Throw in rampant alcohol abuse and it suddenly seems a little absurd that energy drinks are being singled out – especially in the absence of adverse events.
Hey, but who cares about that? Let’s do it for the kids.
Just because something has the potential to have a negative side-effect if consumed ‘off-piste’ is no reason to ban it. If that were the case the world would be bereft of a lot more than small cans of carbonated soda with the equivalent of about a cup of coffee’s worth of caffeine in each.
How about chocolate, crisps, white bread, coffee, soda? These and many other foods have contributed to a globesity epidemic – why not ban them too? Why not force people to eat only organic porridge, green beans and lean free-range chicken. The other foods are just too damned dangerous.
Whilst there are folks who will eat four chocolate bars for lunch a responsible society has a moral obligation to remove this temptation from circulation, no?
Calls for prohibition based on preserving the greater good don’t work. You can ban something but if the underlying need and desire remains, then those needs and desires will find a means of satiation. Usually on some form of grey or black market.

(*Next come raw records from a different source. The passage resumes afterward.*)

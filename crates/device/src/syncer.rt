//! Syncing a device's file while another thread has the device.

use std::alloc::{AllocError, Global};
use std::fs::{File, TryLockError};
use std::io::{self, Error};
use std::os::fd::AsRawFd;
use std::sync::Arc;
use std::sync::atomic::{AtomicBool, AtomicI32, AtomicU64, Ordering};

/// The number of the system's answer to a call that failed without a number: `EIO`.
const FAILED: i32 = 5;

/// The number of the system's answer that another syncer syncs: `EBUSY`.
const BUSY: i32 = 16;

/// What a device and the syncers of its file share. The syncers have an open file of their own. The system
/// tells each open file once of a write that came to nothing. So a sync of the device never succeeds for the
/// reason that a syncer was told.
#[derive(Drop)]
pub(crate) struct SyncNotes {
    file: File,
    /// A syncer syncs: another one isn't let in, as both have one open file.
    is_syncing: AtomicBool,
    /// How many writes have ended.
    written: AtomicU64,
    /// A sync that has ended began after this many of them.
    synced: AtomicU64,
    /// The number of the system's answer to a sync that failed, or 0.
    failed: AtomicI32,
}

/// SyncNotes a device's file, by another open file than the device's. It has no part in the file's lock: a
/// device that lets go of the lock by a call does so whatever syncers there are.
#[derive(Drop)]
pub struct Syncer {
    notes: Arc<SyncNotes, Global>,
}

impl SyncNotes {
    /// Those of a device's file, for another open file of it. The device may have written before.
    pub(crate) fn new(file: File) -> SyncNotes {
        SyncNotes {
            file,
            is_syncing: AtomicBool::new(false),
            // So the device's first sync isn't left out.
            written: AtomicU64::new(1),
            synced: AtomicU64::new(0),
            failed: AtomicI32::new(0),
        }
    }

    /// Notes that a write of the device has ended.
    pub(crate) fn note_write(&self) {
        self.written.fetch_add(1, Ordering::SeqCst);
    }

    /// Whether all that the device has written is synced. Refused with what the system has said to a syncer.
    pub(crate) fn are_enough(&self) -> io::Result<bool> {
        let failed = self.failed.load(Ordering::SeqCst);
        if failed != 0 {
            return Err(Error::from_raw_os_error(failed));
        }
        Ok(self.synced.load(Ordering::SeqCst) == self.written.load(Ordering::SeqCst))
    }

    /// Syncs the file, and notes what came of it. Refused with what the system says.
    fn sync(&self) -> io::Result<()> {
        let written = self.written.load(Ordering::SeqCst);
        match self.file.sync_data() {
            Ok(()) => {
                self.synced.fetch_max(written, Ordering::SeqCst);
                Ok(())
            }
            Err(error) => {
                let number = match error.raw_os_error() {
                    Some(number) => number,
                    None => FAILED,
                };
                self.failed.store(number, Ordering::SeqCst);
                Err(error)
            }
        }
    }
}

impl Syncer {
    /// One of them.
    pub(crate) fn of(notes: Arc<SyncNotes, Global>) -> Syncer {
        Syncer { notes }
    }

    /// The descriptor of its open file. Whoever closes it takes the file from the syncer.
    pub fn descriptor(&self) -> i32 {
        self.notes.file.as_raw_fd()
    }

    /// Another syncer of the same file. Refused where memory is refused.
    pub fn try_clone(&self) -> Result<Syncer, AllocError> {
        let notes = Arc::try_clone(&self.notes)?;
        Ok(Syncer { notes })
    }

    /// SyncNotes all that the device has written before. If the device writes nothing meanwhile, its next
    /// sync makes no call of the file. Refused with what the system says: then the device's next sync fails,
    /// whatever was synced since. Refused with `EBUSY` (16) while another syncer syncs: then nothing is
    /// synced, and the device goes on.
    pub fn sync(&self) -> io::Result<()> {
        if self.notes.is_syncing.swap(true, Ordering::SeqCst) {
            return Err(Error::from_raw_os_error(BUSY));
        }
        let result = self.notes.sync();
        self.notes.is_syncing.store(false, Ordering::SeqCst);
        result
    }
}

/// Whether a file is another open file of one whose lock is held: such a one doesn't get the lock. Where it
/// isn't, it may have the lock now, which it loses as it is closed.
pub(crate) fn is_beside(file: &File) -> bool {
    match file.try_lock() {
        Err(TryLockError::WouldBlock) => true,
        _ => false,
    }
}
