//! A device by its bytes: what a read gives, what a crash may leave, how often it failed; and one in
//! memory that can be made to fail and to crash, and one over a file.
#![tactic(auto)]

mod count;
mod device;
mod events;
mod file;
mod memory;
mod past;
mod plan;
mod record;
mod syncer;

pub use device::Device;
pub use file::{FileDevice, Start, Unknown, Zeros, sync_folder};
pub use memory::{CrashImage, MemDevice};
pub use syncer::Syncer;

Look at all the speak easies that sprung up in the wake of the US’s attempt to prohibit booze. It was a miserable failure before its revocation after 12 years in 1932.
Take a look in the mirror ball
In such a situation, quality control can be lost and suddenly you have unlicensed gatherings taking place where kids could be slugging back turbo-charged energy shots and worse – with far worse side effects including, inevitably, death.
The call is daft and doomed to failure, like most arguments centred around prohibition. Take away the evil energy shots and the kids will stop fornicating, drinking and taking drugs in these darkened, bleeping, hedonistic hype-pits.
The mirror ball will be replaced by a rainbow-coloured maypole tree that all the darling children can gaily dance around. This is a perceptual disturbance worse than any that may brought on by energy shot consumption at any level.
It is a proposal that should be given short shrift by regulators if and when they come to consider it.
Such energies would be better spent on education, on youthful integration into society, on research into the reasons a desire to over-consume such products exists in the first place, at many levels in many societies.
A more mature approach such as this would drain the easy scapegoating the BfR has engaged in on this occasion of its energy.
Shane Starling is editor of NutraIngredients-USA.com. He has been writing about the nutrition industry for about ten years.